Thank you for listening to another episode of the QAnon Anonymous podcast.
Please go to patreon.com slash QAnonAnonymous and subscribe for five bucks a month to get a whole second episode every week, plus access to our entire archive of premium episodes.
When you subscribe, you help us stay advertising free and editorially independent.
For everything else, we've got a website, QAnonAnonymous.com.
Annie, can you tell us a bit about your podcast?
Yeah, so I have a podcast, it's a six-part series called Vaccine the Human Story, and it's about the history of the development of the smallpox vaccine and the first ever anti-vax movement.
Go check it out, folks!
Listener, until next week, may the deep dish bless you and keep you.
It's not a conspiracy, it's fact.
And now, today's Auto QQ.
I'd like to welcome you to John 844.
I'm James Wickstrom, a teacher of Yahweh, coming to you live on the Turner Radio Network for the next hour from 9 to 10 p.m.

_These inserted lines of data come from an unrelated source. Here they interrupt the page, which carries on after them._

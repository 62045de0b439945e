//! From the bytes of a history of any size and of a certificate of any version to the verdict.
ghost use Rattle.std.specs.Prelude.{◌≡◌, IfSome};
ghost use Rattle.tcc_verdict.specs.Checking.{IsCheckRunBy, PrintsOutcome};
ghost use Rattle.tcc_verdict.specs.{LargeChecks.IsLargeShown, LargeChecks.large_check, Noting.IsNotedRun};

use crate::LargeJudgement;
use crate::check::noted;
use crate::checker::{Checker, run_checker};
use crate::large::laws::accepted;
use crate::large::printing::print_large_check;
use crate::large::sized::SizedGraph;
use crate::large::versions::judged_text;
use std::alloc::Global;
use std::io::{Read, Write};
use tcc_base::{Progress, Unwatched};
use tcc_check::laws::certified;
use tcc_graph::{Graph, LargeGraph};
use tcc_print::RunError;
use tcc_reads::resolve_large;
use tcc_txn::{LargeLimits, LargeSnapshot};

/// A certificate of any version is checked, for a history within the large limits.
impl Checker for SizedGraph {
    ghost use Rattle.std.specs.Prelude.{refl};
    ghost use Rattle.tcc_verdict.specs.{LargeChecks.large_check, private.LargeStages.IsSizedHistory};

    type Limits = LargeLimits;

    type Judgement = LargeJudgement;

    ghost check = { large_check };

    ghost is_made = { IsSizedHistory };

    ghost fits = { record { limited = refl; tells = record { text = λ why. refl; status = λ why. refl }; passed = λ s text fault row. row } };

    fn graph_of<N: Write>(
        alloc: Global,
        snapshot: &LargeSnapshot,
        notes: &mut N,
    ) -> Result<Self, RunError> {
        match snapshot.small_copy(alloc)? {
            Some(small) => Ok(SizedGraph::Small(Graph::graph_of(alloc, &small, notes)?)),
            None => {
                let resolved = noted(alloc, snapshot, resolve_large(alloc, snapshot), notes)?;
                let graph = LargeGraph::build(alloc, resolved)?;
                Ok(SizedGraph::Large(graph))
            }
        }
    }

    fn judged<R: Read + Drop, P: Progress>(
        &self,
        alloc: Global,
        reader: R,
        progress: &P,
    ) -> Result<LargeJudgement, RunError> {
        let judgement = judged_text(alloc, self, reader, progress)?;
        Ok(judgement)
    }

    fn print<W: Write>(
        alloc: Global,
        outcome: &Result<LargeJudgement, RunError>,
        out: &mut W,
    ) -> u8 {
        print_large_check(alloc, outcome, out)
    }
}

/// Writes the verdict on the certificate, of any version, for the history, within the large limits; or the first fault of the two;
/// and returns the status of the run. The status is 0 only where the claim of the certificate is true. A certificate of version 1
/// or 2 is judged as by `tcc_verdict::run_check` where the history is within the small limits, and else rejected. Where records or
/// reads have faults, the notes say what to mend.
pub fn run_check_large<H: Read + Drop, C: Read + Drop, W: Write, N: Write>(
    alloc: Global,
    history: H,
    certificate: C,
    out: &mut W,
    notes: &mut N,
) -> u8
    ensures run { IfSome (H.remaining history)
        (λ records. IfSome (C.remaining certificate) (λ text. IsCheckRunBy large_check records text (W.contents out.old) (W.contents out.new) result)) }
    ensures printed { PrintsOutcome large_check (W.contents out.old) (W.contents out.new) result }
    ensures shown { IfSome (H.remaining history) (λ records. IfSome (C.remaining certificate) (λ text. result ≡ 0 → IsLargeShown records text)) }
    ensures noted { IfSome (H.remaining history) (λ records. IfSome (C.remaining certificate)
        (λ text. IsNotedRun large_check records text (N.contents notes.old) (N.contents notes.new) (W.contents out.old) (W.contents out.new) result)) }
{
    run_check_large_watched(alloc, history, certificate, out, notes, &Unwatched)
}

/// As `run_check_large`, and once all is read `progress` is told how far the judgement of a certificate of version 3 is
/// (`tcc_judge::judge_taken_watched`).
pub fn run_check_large_watched<H: Read + Drop, C: Read + Drop, W: Write, N: Write, P: Progress>(
    alloc: Global,
    history: H,
    certificate: C,
    out: &mut W,
    notes: &mut N,
    progress: &P,
) -> u8
    ensures run { IfSome (H.remaining history)
        (λ records. IfSome (C.remaining certificate) (λ text. IsCheckRunBy large_check records text (W.contents out.old) (W.contents out.new) result)) }
    ensures printed { PrintsOutcome large_check (W.contents out.old) (W.contents out.new) result }
    ensures shown { IfSome (H.remaining history) (λ records. IfSome (C.remaining certificate) (λ text. result ≡ 0 → IsLargeShown records text)) }
    ensures noted { IfSome (H.remaining history) (λ records. IfSome (C.remaining certificate)
        (λ text. IsNotedRun large_check records text (N.contents notes.old) (N.contents notes.new) (W.contents out.old) (W.contents out.new) result)) }
{
    certified();
    accepted();
    run_checker::<SizedGraph, H, C, W, N, P>(alloc, history, certificate, out, notes, progress)
}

Eastern Standard Time, filling in for Pastor Bob, who covered for me last week.
We're going to have a very, very interesting program tonight.
I'm sure you're going to find it that way.
I have a guest by the name of Rabbi A.B.
Finkelstein.
He's off the East Coast of the United States, who's going to be joining me tonight.
And we're going to be talking about authenticity of things in the world.
Rabbi A.B.
Finkelstein, as I said, a rabbi off the east coast of the United States.